# Need a Case for Dell M017G Motherboard



## Maverick436 (Dec 20, 2009)

Hello guys,

I'm not sure if its even possible to find. But here goes. I have a 64bit motherboard (Dell p/n M017G) from a dell studio 540, processor (2.8 quad core), and PSU. I need a case to put this in. Im assuming dell boards are proprietary and wont fit in anything but a dell because of the back shield.

So my question is, does anyone know of a case or could possibly point me in the right direction to find one. If not, do you think it would be worth my time to buy a case being i already have the parts listed and then modify it so the back shield will fit MB ports. Im building a gaming system, I feel this is a pretty decent MB. Eventually when I build one from scratch I could easily sell this one.

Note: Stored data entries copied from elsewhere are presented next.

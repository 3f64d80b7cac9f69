//! An ask is put to words. Which instruction asks doesn't matter here.
ghost use Rattle.std.specs.Prelude.{◌≡◌, ◌≢◌, ◌<◌};
ghost use Rattle.mz_words.specs.Answers.{May, move_of};
ghost use Rattle.mz_words.specs.Turns.{IsPlaced, IsTold};
ghost use Rattle.mz_words.specs.declared.asks.Ask.TheVariants.{Looks, Nothing};
ghost use Rattle.mz_words.specs.Turns.{answered};
ghost use Rattle.mz_thread.specs.Answered.{LeavesRoom};
ghost use Rattle.mz_thread.specs.Stages.{IsFrame};

use mz_words::{Answer, Ask, Until, Words};

// a look, whose entry is made where it is met
fn look<W: Words>(words: &mut W, place: u32, until: Until) -> Answer
    requires placed { place < (W.sees words.old).size }
    requires spare { 0 < (W.sees words.old).spare }
    ensures may { May (Looks place until) result }
    ensures answered { W.sees words.new ≡ record (answered (Looks place until) result (W.sees words.old)) { spare = (W.sees words.new).spare } }
    ensures told { IsTold (Looks place until) result (W.sees words.old).told }
    ensures rest { W.rest words.new ≡ W.rest words.old }
    ensures spare { LeavesRoom (Looks place until) result (W.sees words.old).spare (W.sees words.new).spare }
{
    match until {
        Until::Zero => {
            let seen = words.watch(place, Until::Zero);
            if seen == 0 {
                Answer::Saw(0)
            } else {
                Answer::Quiet
            }
        }
        Until::NotZero => {
            let seen = words.watch(place, Until::NotZero);
            if seen == 0 {
                Answer::Quiet
            } else {
                Answer::Saw(seen)
            }
        }
    }
}

/// Makes the step that is asked for, and tells what it saw.
///
/// Directly before a step of an instruction it makes room for this entry and the one that closes the record; `Refused` where
/// there is no memory for them. An act without a step leaves the words as they are.
pub(crate) fn make_step<W: Words>(words: &mut W, ask: Ask) -> Answer
    requires asks { ask ≢ Nothing }
    requires plain { IsFrame ask → ⊥ }
    requires placed { IsPlaced (move_of ask) (W.sees words.old).size }
    requires spare { 0 < (W.sees words.old).spare }
    requires lost { (W.sees words.old).lost < 18446744073709551615 }
    ensures may { May ask result }
    ensures answered { W.sees words.new ≡ record (answered ask result (W.sees words.old)) { spare = (W.sees words.new).spare } }
    ensures told { IsTold ask result (W.sees words.old).told }
    ensures rest { W.rest words.new ≡ W.rest words.old }
    ensures spare { LeavesRoom ask result (W.sees words.old).spare (W.sees words.new).spare }
{
    match ask {
        Ask::Local => Answer::Quiet,
        Ask::Frames(_) => Answer::Quiet,
        Ask::Nothing => Answer::Quiet,
        Ask::Looks(place, until) => look(words, place, until),
        Ask::Starts(place) => Answer::Saw(words.load(place)),
        Ask::Stops => Answer::Saw(words.fetch_max(3, 1)),
        Ask::Leaves => Answer::Saw(words.fetch_sub(2, 1)),
        Ask::Loads(place) => match words.reserve(2) {
            Ok(()) => Answer::Saw(words.load(place)),
            Err(_) => Answer::Refused,
        },
        Ask::Adds(place, value) => match words.reserve(2) {
            Ok(()) => Answer::Saw(words.fetch_add(place, value)),
            Err(_) => Answer::Refused,
        },
        Ask::Stores(place, value) => match words.reserve(2) {
            Ok(()) => {
                words.store(place, value);
                Answer::Saw(0)
            }
            Err(_) => Answer::Refused,
        },
        Ask::Tries(place) => match words.reserve(2) {
            Ok(()) => {
                if words.try_lock(place) {
                    Answer::Saw(0)
                } else {
                    Answer::Missed
                }
            }
            Err(_) => Answer::Refused,
        },
        Ask::Prints(value) => match words.reserve(2) {
            Ok(()) => Answer::Saw(words.print(value)),
            Err(_) => Answer::Refused,
        },
    }
}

Any feed mack is much appreciated!


----------



## Tyree (May 10, 2009)

A concern when trying to install an OEM Mobo into an aftermarket case is the matching of the Mobo mounting holes. Some OEM boards are odd but you don't know until you try it.
Most Intel boards I've seen use the standard hole arrangement.
You are correct about the I/O plate. I have yet to see any Mobo that will match up to an aftermarket case I/O plate. However, I have modified some to cover most of the holes. The sound and USB are usually the worst to match.


----------



## tk_icepick (Dec 31, 2009)

Not wanting to rain on your parade, but I'd go with a new mobo before trying to make a dell mobo fit in a normal case.


----------



## Gack (Jan 16, 2010)

Some cases do have different sized mounting holes, trying to suit people like you, I'd suggest taking your mobo to the computer store (I'd recomend fry's) and trying out every case thats reasonable for a fit. I had to get a special case to house my CPU 478 fan, so I just took my fan into the store and started trying to mount it! 
Give that a try.


----------